Defra has made the Porcine Epidemic Diarrhoea (PED) virus a notifiable disease, following discussions with pig industry bodies. It is now a legal requirement to notify the Animal and Plant Health Authority (APHA) of suspected and confirmed cases of PED in pigs in England.
However, unlike other notifiable diseases in pigs, there is no legislative requirement for official testing, culling, movement controls or other restrictions. Control of the disease, should it appear in England, will be industry-led. APHA will inform the industry levy board, AHDB Pork, of all suspect and confirmed cases. AHDB Pork will then provide biosecurity advice to the pig unit concerned and alert those at risk.
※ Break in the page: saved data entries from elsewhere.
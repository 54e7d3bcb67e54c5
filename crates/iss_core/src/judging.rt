//! Whether an input is new. Nothing is changed or simulated: it is judged by what stands before anything due.
ghost use Rattle.std.specs.Prelude.{◌≡◌, ◌&&◌, nat_lt, false, None, IfOk, IsTrue};
ghost use Rattle.iss_model.specs.declared.input.Input.TheVariants as input;
ghost use Rattle.iss_model.specs.declared.decision.Judged.TheVariants as judged;
ghost use Rattle.iss_model.specs.Inputs.{event_token};
ghost use Rattle.iss_model.specs.Forms.{is_in_form};
ghost use Rattle.iss_model.specs.rules.Due.{due_items, is_quiet};
ghost use Rattle.iss_model.specs.rules.Judging.{judgement_as, judgement_at, notice_answer, is_ack};
ghost use Rattle.iss_model.specs.state.Cores.{core_keeper};
ghost use Rattle.iss_state.specs.Pending.{IsWell};
ghost use Rattle.iss_core.specs.States.{facts_of, kept_state};

use crate::state::State;
use iss_model::{Answer, CallId, Input, Judged, Outcome, Record};
use std::alloc::{AllocError, Global};

impl State {
    /// An input judged at a moment.
    pub(crate) fn judge(&self, alloc: Global, input: &Input, at: u64) -> Result<Judged, AllocError>
        requires well { IsWell (kept_state self.now) }
        requires form { IsTrue (is_in_form input.now) }
        ensures { IfOk result (λ j. j ≡ judgement_at core_keeper (kept_state self.now) input.now at) }
    {
        match input.event() {
            Some(_) => {
                let answer = self.events.answer(alloc, input)?;
                self.judged(answer, input, at)
            }
            None => self.judge_other(input, at),
        }
    }

    /// An input that isn't an event: an answer, an acknowledgement or a time.
    fn judge_other(&self, input: &Input, at: u64) -> Result<Judged, AllocError>
        requires well { IsWell (kept_state self.now) }
        requires other { event_token input.now ≡ None }
        ensures { IfOk result (λ j. j ≡ judgement_at core_keeper (kept_state self.now) input.now at) }
    {
        match input {
            Input::Answer { call, outcome } => self.judge_answer(*call, *outcome, at),
            Input::Ack { notice } => match self.notice_answer(*notice) {
                Some(answer) => Ok(Judged::Told(answer)),
                None => new(input, at),
            },
            Input::Time => {
                if self.is_due(at) {
                    return new(input, at);
                }
                Ok(Judged::Told(Answer::Idle))
            }
            _ => unreachable!(),
        }
    }

    /// An input that has no answer is new. One that has an answer receives it, after a time record if something is due.
    #[inline(always)]
    fn judged(&self, answer: Option<Answer>, input: &Input, at: u64) -> Result<Judged, AllocError>
        requires { is_ack input.now ≡ false }
        ensures { IfOk result (λ j. j ≡ judgement_as answer (is_quiet (due_items (facts_of self.now) at)) input.now at) }
    {
        let Some(answer) = answer else {
            return new(input, at);
        };
        if self.is_due(at) {
            return Ok(Judged::Clock(Record {
                at,
                input: Input::Time,
            }));
        }
        Ok(Judged::Told(answer))
    }

    /// The answer to a call that was never opened, or is closed, is refused. One to a call that is asked is new until the
    /// call's deadline and its transaction's expiry; from then on it comes too late.
    fn judge_answer(&self, call: CallId, outcome: Outcome, at: u64) -> Result<Judged, AllocError>
        requires { IsWell (kept_state self.now) }
        ensures { IfOk result (λ j. j ≡ judgement_at core_keeper (kept_state self.now) (input.Answer call outcome) at) }
    {
        let Some(asked) = self.call(call) else {
            let answer = Answer::UnknownCall(call);
            return self.judged(Some(answer), &Input::Answer { call, outcome }, at);
        };
        if let Some(how) = asked.how {
            let answer = Answer::Late(call, how);
            return self.judged(Some(answer), &Input::Answer { call, outcome }, at);
        }
        let Some(hold) = self.hold(&asked.opened.txn) else {
            unreachable!()
        };
        if !is_in_time(at, asked.opened.deadline, hold.txn.expires) {
            return Ok(Judged::Clock(Record {
                at,
                input: Input::Time,
            }));
        }
        Ok(Judged::New(Record {
            at,
            input: Input::Answer { call, outcome },
        }))
    }

    /// The answer to an acknowledgement of a notice that was never made, or is acknowledged.
    #[inline(never)]
    fn notice_answer(&self, notice: u32) -> Option<Answer>
        ensures { result ≡ notice_answer (facts_of self.now) notice }
    {
        if notice == 0 || notice > self.notices.made() {
            return Some(Answer::UnknownNotice(notice));
        }
        match self.notices.get(notice) {
            Some(_) => None,
            None => Some(Answer::Already(notice)),
        }
    }
}

/// Whether a moment is before a deadline and an expiry.
fn is_in_time(at: u64, deadline: u64, expires: u64) -> bool
    ensures { result ≡ (nat_lt at deadline && nat_lt at expires) }
{
    at < deadline && at < expires
}

fn new(input: &Input, at: u64) -> Result<Judged, AllocError>
    ensures { IfOk result (λ j. j ≡ judged.New (record { at = at; input = input.now })) }
{
    Ok(Judged::New(Record {
        at,
        input: input.copied()?,
    }))
}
Defra says PED remains a significant threat to British pig herds. The highly pathogenic strain that had a severe effect on the North American pig industry in 2014 has been detected in Asia and, more recently, the Ukraine. While there have been no reports of this strain in the EU, there are other strains of PEDV circulating in mainland Europe. It says that making PED notifiable in England will enable the pig industry to take prompt and targeted action to manage any PED outbreaks more effectively.
Porcine epidemic diarrhoea virus (PEDV) is a coronavirus that infects the cells lining the small intestine of a pig, causing severe diarrhoea and dehydration. The disease is most serious in new born sucking piglets, where the strain of PEDV which causes more severe disease can result in mortality of up to 100%.
PEDV is harmless to humans and other farm animals and is not a food safety risk. It is highly infectious and is mainly spread by infected pigs and anything contaminated with their infected faeces. Its spread can however be controlled if scrupulous biosecurity measures are followed.